Janvier 2006, autour de midi, la boulangerie SARL Épi d’Or s’anime. Chadlie Naili, anciennement établi dans le 15ème arrondissement, reçoit ses clients dans le fracas des travaux Euromed. Malgré les soucis, notre homme s’est fait sa place dans le quartier : "Il est vrai que je connais un moment difficile, les travaux causent des désagréments : les appartements vacants qui se vident à 99%, il y a moins de passants. Je travaille le peu avec les bureaux. Y’a pas de clientèle, on souffre et on tire la langue comme tout le monde. On fait des heures de nombre énorme. Cela est général. Mais ce n’est que passager et, malgré tout, mon magasin reste fiable : j’arrive à payer mes salariés, couvrir mes frais."

Le temps des semonces

Seulement, après deux ans de location, Chadlie Naili reçoit en avril 2005 un courrier de son bailleur Marseille République, dans lequel il lui est rappelé que le contrat arrive à son terme et qu’il ne sera pas renouvelé. Contrarié dans ses projets, Chadlie Naili s’insurge : "On est sous la loi 48, on est couvert par un bail trois-six-neuf, renouvelable. Maintenant, eux, avec l’argent qu’ils ont, ils peuvent détourner la loi comme ils veulent. C’est la loi du plus fort maintenant, c’est plus la loi de tout le monde. Le symbole de la République "Égalité, fraternité", c’est qu’un symbole. Mais sur le réel des choses, y’a rien ! On élimine le pauvre et on met le riche. C’est ça la politique de la Mairie en ce moment."

Bien décidé à se maintenir dans la place, Chadlie Naili en appelle à la Loi : "En attendant, bon, j’attaque Marseille République pour le renouvellement de bail et on verra si y’a une justice et ce qu’elle va nous donner. C’est des affaires contre avocats, maintenant. Alors, on est quoi, maintenant ? Les commerçants, on est pièces d’échange, ni plus ni moins. Et c’est moi qui le pense." Il déplore d’ailleurs l’absence de solidarité : "Franchement, les commerçants... Certains abandonnent, d’autres disent qu’ils ont des avocats. Si on ne s’y met pas maintenant, main dans la main, on fera pas une union de force. On est tous dans le même bain, on est tous dans le même cas."

Mais pourquoi ces contorsions, le commerçant explique : "Comme cette boulangerie est dans l’axe principal, en fait du croisement, ils sont intéressés eux-mêmes. Après, ils vont la louer pour quatre mille, cinq mille euros le mois. Marseille République, c’est quoi ? Une société qui investit de l’argent pour gagner, pas pour perdre. Et moi, j’ai investi pour gagner, pas pour perdre. Alors, qu’est-ce qu’ils vont me donner ? Quatre miettes de pain ? Je veux pas partir."

Le partage de la récolte

Face à cette obstruction, la société de gestion semble prête à transiger et attend les propositions. Mais, pour le moment, l’affaire n’est pas faite : "Je n’ai pas envie d’aucune proposition, j’ai envie d’exister et de rester et de finir mon travail jusqu’à ma retraite, il me reste quinze ans de travail, je veux continuer mon activité dans cette boulangerie."

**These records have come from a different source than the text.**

//! The table of user types.
ghost use Rattle.std.specs.Prelude.{◌≡◌};
ghost use Rattle.std.specs.Option.{option_copied};
ghost use Rattle.qk_value.specs.Kinds.{maker_of, maker_name};

use crate::ty::Ty;
use qk_base::{Bytes, Seq};
use std::marker::Model;

/// A maker of a user type: its name, and the types of its fields.
#[derive(Drop)]
pub struct Maker {
    pub name: Bytes,
    pub fields: Seq<Ty>,
}

impl Model for Maker {
    ghost use Rattle.std.specs.Prelude.{map};
    ghost use Rattle.qk_value.specs.Kinds.{MakerData, maker_code};

    ghost Value = { MakerData };

    ghost coded = { maker_code };

    ghost use Rattle.qk_value.specs.View.{view_type};

    ghost view = { λ m. record { name = m.name.items; fields = map view_type m.fields.items } };
}

/// A user type: its name, and its makers, numbered from 0.
#[derive(Drop)]
pub struct Kind {
    pub name: Bytes,
    pub makers: Seq<Maker>,
}

impl Model for Kind {
    ghost use Rattle.qk_value.specs.Kinds.{KindData, kind_code};

    ghost Value = { KindData };

    ghost coded = { kind_code };

    ghost view = { λ k. record { name = k.name.items; makers = k.makers.items } };
}

/// The table of user types, numbered from 0 in the order of declaration. A contract sees it as the list of its kinds.
#[derive(Drop)]
pub struct Kinds {
    pub kinds: Seq<Kind>,
}

impl Model for Kinds {
    ghost use Rattle.std.specs.Prelude.{List};
    ghost use Rattle.std.specs.Coded.{coded_list};
    ghost use Rattle.qk_value.specs.Kinds.{KindData, kind_code};

    ghost Value = { List KindData };

    ghost coded = { coded_list kind_code };

    ghost view = { λ k. k.kinds.items };
}

impl Kinds {
    /// A maker by its kind's number and its own; `None` exactly where there is none.
    pub fn maker(&self, kind: u32, maker: u32) -> Option<&Maker>
        ensures { option_copied result ≡ maker_of self.now kind maker }
    {
        match self.kinds.get(kind as usize) {
            None => None,
            Some(kind) => kind.makers.get(maker as usize),
        }
    }

    /// The name of a maker, or nothing where there is none.
    pub fn maker_name(&self, kind: u32, maker: u32) -> &[u8]
        ensures { result.now ≡ maker_name self.now kind maker }
    {
        match self.maker(kind, maker) {
            None => &[],
            Some(maker) => maker.name.as_slice(),
        }
    }
}
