//! Where a descent ends.

use qk_base::Seq;
use std::marker::Model;

/// A failing point with the way to it. A contract sees it as its plain data, without the spare room of the path.
#[derive(Drop)]
pub struct Minimum<P> {
    pub point: P,
    /// The place of the failing candidate that each step went to, counted from 0.
    pub path: Seq<u64>,
    /// How many candidates were tried, where that does not depend on the workers.
    pub tried: Option<u64>,
    /// Whether the path has as many steps as are allowed.
    pub limit_met: bool,
}

impl<P> Model for Minimum<P> {
    ghost use Rattle.qk_minimise.specs.Minimal.{Minimal, minimal_code};

    ghost Value = { Minimal P };

    ghost coded = { minimal_code P.code };

    ghost view = { λ m. record { point = m.point; path = m.path.items; tried = m.tried; limit_met = m.limit_met } };
}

Cela dit, chaque homme a son prix, Monsieur Naïdi a communiqué le sien à l’avocat de Marseille République par voie épistolaire. Lecture : "En effet, votre proposition ne satisfait pas mes attentes ni mes ambitions professionnelles. Avec un peu de patience, une fois les travaux finis, les affaires reprennent et je n’aurai pas de soucis à me faire. Pour ce faire, je demande la modeste somme de 500 000 euros au minimum pour se retrouver. Veuillez agréer, Monsieur, mes salutations."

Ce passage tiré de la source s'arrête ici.